The ninth and final leg, 960 nautical miles from Lorient, France, to Gothenburg, Sweden, begins Tuesday and may confirm leader Abu Dhabi Ocean Racing as the winner.

“In the previous races the teams with the most money and probably as well the best development programs, they would nine out of 10 times win,” Team Brunel skipper Bouwe Bekking, who’s taking part in his seventh Volvo, said at a press conference in Lisbon on June 5. “But this time it’s just the best team will win.”

Boat speed has been one of the “overriding factors” in the race, said Abu Dhabi Ocean Racing skipper Ian Walker, who’s completing his third Volvo.

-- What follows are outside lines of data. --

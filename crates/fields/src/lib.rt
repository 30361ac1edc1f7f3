// The address fields that a fixup record lists.
#![tactic(auto)]

ghost use Rattle.std.specs.Prelude.{[], ◌∷◌, ◌≡◌, ◌+◌, ◌<◌, ◌≤◌, length};
ghost use Rattle.words.specs.Runs.{part};
ghost use Rattle.fields.specs.Fields.{item_size, width_of, fields_of};

// What a fixup puts on its field: the main base on a byte, the zero-page base on a byte, the main base on a word, and on a high byte the
// high byte of LSB + main base. Each has the number of its record type after main code.
#[derive(Clone, Copy)]
pub enum Fixup {
    LowByte = 0x02,
    ZeroPageByte = 0x04,
    Word = 0x06,
    HighByte = 0x08,
}

// An address field: what is put on it, its index among the code bytes, and the low byte beside a high one (else zero). (No invariant
// below 256: who asks about the index asks nothing of the LSB, and the other way round, so a type would ask more.)
#[derive(Clone, Copy)]
pub struct Field {
    pub fixup: Fixup,
    pub index: usize,
    pub lsb: usize,
}

// How many bytes list one field.
pub fn item_size(fixup: Fixup) -> usize
    ensures { result ≡ item_size fixup }
{
    match fixup {
        Fixup::LowByte | Fixup::ZeroPageByte | Fixup::Word => 1,
        Fixup::HighByte => 2,
    }
}

// How many bytes a field has.
pub fn width(fixup: Fixup) -> usize
    ensures { (result ≡ width_of fixup) × (1 ≤ result) × (result ≤ 2) }
{
    match fixup {
        Fixup::LowByte | Fixup::ZeroPageByte | Fixup::HighByte => 1,
        Fixup::Word => 2,
    }
}

// The field that the item at `at` of a fixup record's items lists.
#[tactic(auto, using(crate::proofs::Listing::single_listed, crate::proofs::Listing::pair_listed))]
pub fn field_at(items: &[u8], at: usize, fixup: Fixup) -> Field
    requires { at + item_size fixup ≤ length items.now }
    ensures { (result ∷ [] ≡ fields_of fixup (part items.now at (item_size fixup))) × (result.index < 256) × (result.lsb < 256) }
{
    let lsb = if let Fixup::HighByte = fixup {
        items[at + 1] as usize
    } else {
        0
    };
    Field {
        fixup,
        index: items[at] as usize,
        lsb,
    }
}
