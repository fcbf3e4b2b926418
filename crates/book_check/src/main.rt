// Reads a stage's number (32 bits) and a rule book from standard input, checks the book for the stage, and prints the answer, and of a
// book that passes the counts and that stage's running order.
#![tactic(auto)]

ghost use Rattle.std.specs.Prelude.{◌+◌, ◌*◌, ◌<◌, ◌≤◌, length, IfOk, OnErr};
ghost use Rattle.paper.specs.Limits.{max_rules};
ghost use Rattle.order_theory.specs.Order.{counted_rules};
ghost use Rattle.rule_order.specs.Nets.{rules_of};
ghost use Rattle.judge.specs.Checking.{CheckPasses};
ghost use Rattle.printing.specs.Filling.{Full};

use paper::{
    BOOK_HEADER, CONDITION_SIZE, MAX_CONDITIONS, MAX_RULES, MAX_WORDS, RULE_SIZE, WORD_SIZE,
};
use printing::ROOM;
use std::io::Read;

// The bytes of the stage's number.
const STAGE: usize = 4;

// The stage, the longest book image, and one byte more, which shows a longer input for what it is.
const INPUT: usize = STAGE
    + BOOK_HEADER
    + RULE_SIZE * MAX_RULES
    + CONDITION_SIZE * MAX_CONDITIONS
    + WORD_SIZE * MAX_WORDS
    + 1;

// The first numbers of the room, which are the running order, behind the word `order`.
fn order_line(
    rt: &impl Print,
    buffer: &mut [u8; ROOM],
    at: usize,
    order: &[u32; MAX_RULES],
    rules: usize,
) -> std::io::Result<usize>
    requires { (at < 4096) × (rules ≤ max_rules) }
    ensures ok { IfOk result (λ next. next < 4096) }
    ensures err { OnErr result (Full (6 + 21 * rules) at buffer.old buffer.new) }
{
    let mut next = printing::text(rt, buffer, at, b"order")?;
    for number in &order[..rules] {
        next = printing::named(rt, buffer, next, b" ", u64::from(*number))?;
    }
    printing::text(rt, buffer, next, b"\n")
}

// What is printed of a book that passes, behind the answer.
fn passed_lines(
    rt: &impl Print,
    buffer: &mut [u8; ROOM],
    at: usize,
    book: &[u8],
    stage: u32,
    order: &[u32; MAX_RULES],
) -> std::io::Result<usize>
    requires { (at < 4096) × (CheckPasses book.now stage max_rules) }
    ensures ok { IfOk result (λ next. next < 4096) }
    ensures err { OnErr result (Full (147 + 21 * counted_rules (rules_of book.now stage)) at buffer.old buffer.new) }
{
    let h = book::header::counts_at(book);
    let a = printing::counts(
        rt,
        buffer,
        at,
        h.stages,
        h.marks,
        h.rules,
        h.conditions,
        h.words,
    )?;
    let counted = rule_order::counted::counted_rules(book, h.rules as usize, stage);
    order_line(rt, buffer, a, order, counted)
}

fn report(
    rt: &impl Print,
    book: &[u8],
    stage: u32,
    order: &mut [u32; MAX_RULES],
) -> std::io::Result<()> {
    let answer = judge::check(book, stage, order);
    let mut buffer = [0u8; ROOM];
    let at = printing::answer(rt, &mut buffer, 0, b"checked", answer)?;
    if answer.code != 0 {
        return printing::finish(rt, buffer, at);
    }
    let end = passed_lines(rt, &mut buffer, at, book, stage, order)?;
    printing::finish(rt, buffer, end)
}

// The stage and the book behind it, of which so many bytes were read.
fn check_read(
    rt: &impl Print,
    input: &[u8],
    n: usize,
    order: &mut [u32; MAX_RULES],
) -> std::io::Result<()>
    requires { n ≤ length input.now }
{
    if n < STAGE {
        return report(rt, b"", 0, order);
    }
    let stage = wire::u32_at(input, 0);
    report(rt, &input[STAGE..n], stage, order)
}

fn check_input(
    rt: &impl Print,
    reader: &mut impl Read,
    input: &mut [u8; INPUT],
    order: &mut [u32; MAX_RULES],
) -> std::io::Result<()> {
    let n = printing::read_full(reader, input)?;
    check_read(rt, input, n, order)
}

// A read or a write that fails ends the program with its error.
fn main(rt: HostRuntime) -> std::io::Result<()> {
    let mut input = [0u8; INPUT];
    let mut order = [0u32; MAX_RULES];
    check_input(&rt, &mut rt.stdin(), &mut input, &mut order)
}
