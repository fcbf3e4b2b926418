// The lowest mark targeted by a rule on a loop among the rules that count for some stage.
#![tactic(auto)]

ghost use Rattle.std.specs.Prelude.{◌≡◌, ◌<◌};
ghost use Rattle.general.specs.Below.{found};
ghost use Rattle.wide.specs.Number.{number};
ghost use Rattle.book.specs.Image.{rules_in, book_of};
ghost use Rattle.book.specs.WellFormed.{WellFormed};
ghost use Rattle.book.specs.WellRead.{Opened};
ghost use Rattle.texts.specs.Noted.{NamedIn};
ghost use Rattle.loops.specs.Gathering.{with_stage, lower};
ghost use Rattle.loop_search.specs.Places.{loop_place};
ghost use Rattle.loop_search.specs.Searching.{searching};

use book::Counts;
use book::rules::{NUMBER_AT, SENSE_AS_WRITTEN, SENSE_AT, TRIGGER_COMPLETED};
use loop_chances::may_loop;
use loop_search::stage_place;
use paper::{BOOK_HEADER, RULE_SIZE};
use texts::references::MARK_WORDS;
use unwritten::Scratch;
use wide::Set;

// The set with the stage whose completion triggers rule r, if that rule has a condition.
#[tactic(auto, unfolding(crate::specs::Gathering::with_stage))]
fn with_stage(image: &[u8], r: usize, set: Set) -> Set
    requires { (WellFormed image.now) × (r < rules_in image.now) }
    ensures { number result ≡ with_stage image.now (number set) r }
{
    let at = BOOK_HEADER + RULE_SIZE * r;
    if image[at] != TRIGGER_COMPLETED || image[at + SENSE_AT] < SENSE_AS_WRITTEN {
        return set;
    }
    let stage = wire::u16_at(image, at + NUMBER_AT) as usize;
    wide::join(set, wide::one(stage))
}

// The stages that have a completion rule with a condition: one pass over the rules.
fn searching(image: &[u8], rules: usize) -> Set
    requires { (WellFormed image.now) × (rules ≡ rules_in image.now) }
    ensures { number result ≡ searching (book_of image.now) }
{
    let mut set = wide::empty();
    for r in 0..rules {
        set = with_stage(image, r, set);
    }
    set
}

// The lower of two places, where there are any.
#[tactic(auto, unfolding(loop_search::specs::Places::lesser))]
fn lower(a: Option<usize>, b: Option<usize>) -> Option<usize>
    ensures { result ≡ lower a b }
{
    match (a, b) {
        (Some(x), Some(y)) => Some(x.min(y)),
        (Some(x), None) => Some(x),
        (None, place) => place,
    }
}

// The lowest place of the stages in the set, which has one.
fn searched_place(image: &[u8], counts: Counts, set: Set, scratch: &mut Scratch) -> Option<usize>
    requires { (Opened image.now counts) × (number set ≡ searching (book_of image.now)) × (number set ≡ 0 → ⊥) }
    ensures { result ≡ found (book_of image.now).marks (loop_place (book_of image.now)) }
{
    let mut least = None;
    let stages = counts.stages;
    for stage in 0..stages {
        if wide::member(set, stage as usize) {
            least = lower(least, stage_place(image, counts, stage, scratch));
        }
    }
    least
}

// The lowest mark that a rule on a loop targets, over all stages. `named` has the marks of the texts; the scratch is lent, whatever it holds.
// A book where no loop is possible, as a derived one, takes one pass over the rules, and no search. Else a completion rule without a condition
// refers to nothing and is on no loop: where no stage has one with a condition, one search among the rules that count for every stage serves
// all; it is asked for `stages`, which no rule names. Where some stages have, these rules count for each of them too, and the searches
// for those stages serve all.
// The worst book has 256 stages with a condition each: 256 running orders, and a search for each of them that gets stuck.
#[tactic(auto, using(crate::proofs::Stages::place_none, crate::proofs::Stages::place_calm, crate::proofs::Stages::place_common))]
pub fn loop_place(
    image: &[u8],
    counts: Counts,
    named: &[u64; MARK_WORDS],
    scratch: &mut Scratch,
) -> Option<usize>
    requires { (Opened image.now counts) × (NamedIn image.now named.now) }
    ensures { result ≡ found (book_of image.now).marks (loop_place (book_of image.now)) }
{
    if counts.stages == 0 {
        return None;
    }
    if !may_loop(image, counts, named) {
        return None;
    }
    let set = searching(image, counts.rules as usize);
    if wide::is_empty(set) {
        return stage_place(image, counts, counts.stages, scratch);
    }
    searched_place(image, counts, set, scratch)
}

“So that would lead you to say you need the best trimmers and helmsmen,” he said. “But having said that, you have to have a good strategy.”

Boat upgrades

At sea, the seven boats have access to the same meteorological information and are restricted to 25 megabytes of data on average per day, Team Alvimedica navigator Will Oxley said as he set up a laptop inside the boat that’s stripped of any non-essential equipment.

“The danger with one design is that unless you keep advancing, then you get left behind a little bit in terms of the technology,” he said.

The boats taking part in this edition will be upgraded before the next race and some tweaks might be made including possibly making them lighter, said Frostad, who has sailed four Volvos.

“Decision-making was important in the past too, but now it’s more visible,” he said.

America’s Cup organizers are also trying to reduce the cost of taking part in that sailing race dating back to 1851. Billionaire Larry Ellison spent at least $100 million on Oracle Team USA’s successful campaign in 2013.

“We came in later so the one-design rule was essential,” Mirella Vitale, commercial director of the team sponsored by wind turbine maker Vestas Wind Systems A/S, said in an interview before the boats set out in the penultimate leg from Lisbon to Lorient. “We neither had the time nor the expertise to go out and develop a boat. It’s the first time we’ve done a global sports sponsorship.”

The Vestas boat, which is in last place, re-joined the race in Lisbon this month after missing five legs when it ran aground on an Indian Ocean reef in November.

Another new team, Team Alvimedica, founded by Brown University alumni Mark Towill and Charlie Enright, currently lies in fifth place.

“For us being the young and relatively inexperienced team in the race it’s really leveled the playing field and made it all about the sailors and the decisions you make, and not about the enormous race that is designing and building the best boat,” Towill said. We’re “already talking about the next race.”